2. "Remember when Carmack complained about Meta? He said the company was working at “half the effectiveness” and had “a ridiculous amount of people and resources, but we constantly self-sabotage and squander effort.” You could use those words to describe any other big company right now. Carmack wasn’t complaining about the resources or the talent.

He was complaining about the ineffectiveness of management by committee and the fearful attitudes of business experts who entered the boom towns of the 2010s and turned them into boring Victorian villages full of business majors sniping each other to climb the greasy pole of modern success.

I saw this happen once before. In the early 2000s, during the dot-com boom, I saw lots of business majors streaming to the Valley to turn companies like Palm and Cisco into behemoths. Like the aforementioned wasps, they feasted on the energy of those companies and turned them into also-rans and then, when they had made enough cash, the became VCs themselves.

Therefore the rich dudes who sank Yahoo and turned eBay into a den of scams are now the rich dudes who are sinking Twitter, Facebook, and crypto.
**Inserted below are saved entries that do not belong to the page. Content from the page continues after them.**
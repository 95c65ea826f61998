//! The superblock places of device files are cleared, so that they have no set's superblock.
ghost use Rattle.std.specs.Prelude.{◌≡◌, ◌≤◌, ◌<◌, ◌+◌, ◌^◌, ◌++◌, IfErr, IfOk, IfSome, IsSomeAnd, IsTrue, OnErr};
ghost use Rattle.std.specs.Prelude.{OnOk, drop, length};
ghost use Rattle.sector_model.specs.DeviceFiles.{IsWritten};
ghost use Rattle.device_files.specs.declared.FolderFault.{FolderFault};
ghost use Rattle.device_files.specs.BankFiles.{contents_by};
ghost use Rattle.device_files.specs.DeviceFiles.{AreOthersKept, IsStillOpen, file_in};
ghost use Rattle.device_files.specs.Superblocks.{without_places};
ghost use Rattle.device_files.specs.SlotCalls.{ClearsPlaces};

use super::growing::sync_whole;
use super::{BankFile, FolderFault, SLOTS};
use std::io::{self, ErrorKind};

// The bytes of the two superblock places, sectors 0 and 1.
const PLACES: usize = 1_024;

/// Clears the superblock places of the files of the slots from `first` on, which are among ten (condition): bytes 0 to
/// 1,023, as far as a file reaches, become zero, and then the file is synced. No file is made longer or shorter. A slot
/// without a file is passed over.
///
/// `NoFile` names the first slot whose file could not be written or synced; those after it are as they were then.
pub fn clear_places<F: BankFile>(first: u8, files: &mut [Option<F>]) -> Result<(), FolderFault>
    requires { length files.old ≡ 10 }
    ensures { ClearsPlaces F.tells F.told F.is_safe F.has_failed first files.old files.new result }
{
    for slot in first..SLOTS as u8 {
        clear_slot(slot, files)?;
    }
    Ok(())
}

// Clears the superblock places of the file of a slot, where there is one.
fn clear_slot<F: BankFile>(slot: u8, files: &mut [Option<F>]) -> Result<(), FolderFault>
    requires { slot < length files.old }
    ensures cleared { IsTrue F.tells → OnOk result (IsStillOpen (file_in files.old slot) (file_in files.new slot)
        (λ old new. F.told new ≡ without_places (F.told old))) }
    ensures safe { OnOk result (IfSome (file_in files.new slot) F.is_safe) }
    ensures open { IsStillOpen (file_in files.old slot) (file_in files.new slot)
        (λ old new. IsTrue F.tells → length (F.told new) ≡ length (F.told old)) }
    ensures others { AreOthersKept files.old files.new slot }
    ensures long { length files.new ≡ length files.old }
    ensures fault { IfErr result (λ fault. fault ≡ FolderFault.NoFile slot) }
    ensures failed { OnErr result (IsSomeAnd (file_in files.new slot) F.has_failed) }
{
    clear_one(slot, &mut files[slot as usize])
}

// The same of a file that may be there.
fn clear_one<F: BankFile>(slot: u8, file: &mut Option<F>) -> Result<(), FolderFault>
    ensures cleared { IsTrue F.tells → OnOk result
        (IsStillOpen file.old file.new (λ old new. F.told new ≡ without_places (F.told old))) }
    ensures safe { OnOk result (IfSome file.new F.is_safe) }
    ensures open { IsStillOpen file.old file.new
        (λ old new. IsTrue F.tells → length (F.told new) ≡ length (F.told old)) }
    ensures fault { IfErr result (λ fault. fault ≡ FolderFault.NoFile slot) }
    ensures failed { OnErr result (IsSomeAnd file.new F.has_failed) }
{
    match file {
        Some(file) => clear_file(file).map_err(|_| FolderFault::NoFile(slot)),
        None => Ok(()),
    }
}

// Clears the superblock places of a file, and syncs it.
fn clear_file<F: BankFile>(file: &mut F) -> io::Result<()>
    ensures cleared { IsTrue F.tells → OnOk result (F.told file.new ≡ without_places (F.told file.old)) }
    ensures safe { OnOk result (F.is_safe file.new) }
    ensures length { IsTrue F.tells → length (F.told file.new) ≡ length (F.told file.old) }
    ensures failed { OnErr result (F.has_failed file.new) }
{
    let size = file.size()?;
    let zeros = [0; PLACES];
    write_front(file, &zeros[..size.min(PLACES as u64) as usize])?;
    sync_whole(file)
}

// Writes bytes at the beginning of a file, all of them, or it is a fault.
fn write_front<F: BankFile>(file: &mut F, from: &[u8]) -> io::Result<()>
    requires few { length from.now ≤ 1024 }
    requires within { IsTrue F.tells → length from.now ≤ length (F.told file.old) }
    ensures written { IsTrue F.tells → OnOk result
        (F.told file.new ≡ from.now ++ drop (length from.now) (F.told file.old)) }
    ensures length { IsTrue F.tells → length (F.told file.new) ≡ length (F.told file.old) }
    ensures failed { OnErr result (F.has_failed file.new) }
{
    let mut done = 0;
    while done < from.len() {
        done += write_some(file, done as u64, &from[done..])?;
    }
    Ok(())
}

// Writes one byte or more at a byte place, and says how many. A call that is interrupted is made again, and one that
// takes no byte is a fault.
fn write_some<F: BankFile>(file: &mut F, place: u64, from: &[u8]) -> io::Result<usize>
    requires some { 0 < length from.now }
    requires place { place + length from.now < 2 ^ 64 }
    requires within { IsTrue F.tells → place + length from.now ≤ length (F.told file.old) }
    ensures some { IfOk result (λ n. 0 < n) }
    ensures bound { IfOk result (λ n. n ≤ length from.now) }
    ensures written { IsTrue F.tells → IfOk result (λ n. IsWritten place n from.now
        (contents_by F.told F.left file.old) (contents_by F.told F.left file.new)) }
    ensures length { IsTrue F.tells → length (F.told file.new) ≡ length (F.told file.old) }
    ensures failed { OnErr result (F.has_failed file.new) }
{
    for _ in 0..u64::MAX {
        match file.write_part(place, from) {
            Ok(0) => return Err(ErrorKind::WriteZero.into()),
            Ok(count) => return Ok(count),
            Err(error) => {
                if error.kind() != ErrorKind::Interrupted {
                    return Err(error);
                }
            }
        }
    }
    Err(ErrorKind::TimedOut.into())
}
Fear not, however: more rich assholes will pop out of the corpses of those companies to fund the company that will finally convince us to connect PCs to our brains via a hole drilled between our eyes."

https://startupstrats.substack.com/p/the-musk-method

3. Old profile but we can learn a lot from Mr Beckham.

"It’s a little odd, if you think about it: Three years into retirement, at that moment when most athletes begin their slow fade into paunchy irrelevance, David Beckham seems somehow bigger, more handsome and fit in an interesting way, and more ubiquitous as a cultural phenomenon than when he played. How is this even possible? He was recently dubbed People magazine’s Sexiest Man Alive, in part because he represents a different ideal of manhood...... With endorsement deals and fashion launches of his own, he made more money in his first year of retirement—$75 million—than he did in any of his playing years."

https://www.gq.com/story/david-beckham-cover-protecting-kids-brooklyn

4. "Any kid under Grandma’s quilt knows they are in a world someone has lovingly created for them. Maybe that helps explain why many people are walking away from their jobs. They seem to be committing to doing a different kind of work. If you happen to be unhappy in your work, maybe the answer is to love yourself.

Walk away. There’s a labor shortage out there. Dream up a new world that will inspire your creativity and actually pay you for it. Tomorrow’s economy may be richer for the self-investment that seems to be underway today. But don’t think every cosmopoiesis succeeds. Few do.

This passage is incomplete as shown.